But just weeks before its publication, emails reveal that authors held lengthy discussions with experts where they were told the symptoms seen in coronavirus could have originated from lab animals – as well as from the wild. The experts involved in the discussions included Chief Scientific Advisor Sir Patrick Vallance and Wellcome Trust head Sir Jeremy Farrar.

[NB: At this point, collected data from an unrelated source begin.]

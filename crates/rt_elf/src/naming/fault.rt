//! Why an object's entry can't have a name.

use crate::naming::entry_name::EntryName;
use rt_image::{ImageFault, ReadFault, Symbol};
use std::alloc::AllocFailed;
use std::fmt;

/// Why an object's entry can't have a name.
#[derive(Clone, Copy, PartialEq, Eq)]
pub enum NameFault {
    /// The bytes are no object file.
    Object(ImageFault),
    /// A symbol of that name stands at this address, which isn't the entry.
    Elsewhere(u32),
    /// The entry lies neither in the image nor at its end.
    BadEntry,
    /// The object has 65,536 symbols without it.
    TooMany,
    /// There is no memory.
    Memory,
}

impl From<ReadFault> for NameFault {
    ghost use Rattle.std.specs.Prelude.{◌≡◌};
    ghost use Rattle.rt_elf.specs.naming.NamedEntry.{read_fault};

    ghost from_gives = { λ fault e. e ≡ read_fault fault };

    fn from(fault: ReadFault) -> Self {
        match fault {
            ReadFault::Fault(fault) => NameFault::Object(fault),
            ReadFault::Memory => NameFault::Memory,
        }
    }
}

impl From<AllocFailed<Symbol<'_>>> for NameFault {
    ghost use Rattle.std.specs.Prelude.{◌≡◌};
    ghost use Rattle.rt_elf.specs.declared.naming.fault.NameFault.TheVariants.{Memory};

    ghost from_gives = { λ _ e. e ≡ Memory };

    fn from(_fault: AllocFailed<Symbol<'_>>) -> Self {
        NameFault::Memory
    }
}

/// An address, as eight hexadecimal digits.
#[derive(Clone, Copy)]
struct Address(u32);

#[tactic(auto, using(crate::proofs::naming::Hex::eight_digits))]
impl fmt::Display for Address {
    ghost use Rattle.std.specs.Prelude.{Some};
    ghost use Rattle.rt_words.specs.Hex.{hex};

    ghost output = { λ a. Some (hex 8 a.0) };

    fn fmt<W: fmt::Write>(&self, f: &mut fmt::Formatter<W>) -> fmt::Result {
        let address = self.0;
        write!(f, "{address:08x}")
    }
}

/// Why an object's entry can't have this name.
#[derive(Clone, Copy, PartialEq, Eq)]
pub struct NamingFault<'a> {
    pub name: EntryName<'a>,
    pub fault: NameFault,
}

impl fmt::Display for NamingFault<'_> {
    ghost use Rattle.std.specs.Prelude.{Some};
    ghost use Rattle.rt_elf.specs.naming.FaultText.{name_text};

    ghost output = { λ f. Some (name_text f.name.word.now f.fault) };

    fn fmt<W: fmt::Write>(&self, f: &mut fmt::Formatter<W>) -> fmt::Result {
        let word = self.name.word();
        match self.fault {
            NameFault::Object(fault) => write!(f, "{fault}"),
            NameFault::Elsewhere(address) => {
                write!(f, "name {word} stands at {}", Address(address))
            }
            NameFault::BadEntry => write!(f, "name {word}: BadEntry"),
            NameFault::TooMany => write!(f, "name {word}: TooMany"),
            NameFault::Memory => f.write_str("memory"),
        }
    }
}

This correspondence has only just been aired due to the release of the emails under a Freedom of Information Act (FOI) requested by freelance journalist James Tobias, reports The Telegraph. 

The experts were also warned that the Wuhan Institute of Virology (WIV) had been researching bat coronaviruses at alarming levels of biosecurity. But once the paper was published, there was little reference to the biosecurity issues in Wuhan, and the authors claimed it was unlikely that the virus came from a lab. 

The paper’s lead author Prof Kristian Anderse from the Scripps Research Institute had also earlier told colleagues that aspects of the emerging virus looked like they could have been created in a lab, but there was no mention of this in the paper.

Viscount Ridley, former Tory peer and co-author of Viral: The Search for the Origin of Covid-19, told Express.co.uk spoke of his interpretation of the email chain and what it could have signalled all those months ago.

He said: “Yes, it’s a helpful revelation. It shows that the scientists placed heavy emphasis on the announcement on February 7 from Southern China Agricultural University 2020 that pangolins had essentially the same (99%) virus and that therefore the intermediate host had been found.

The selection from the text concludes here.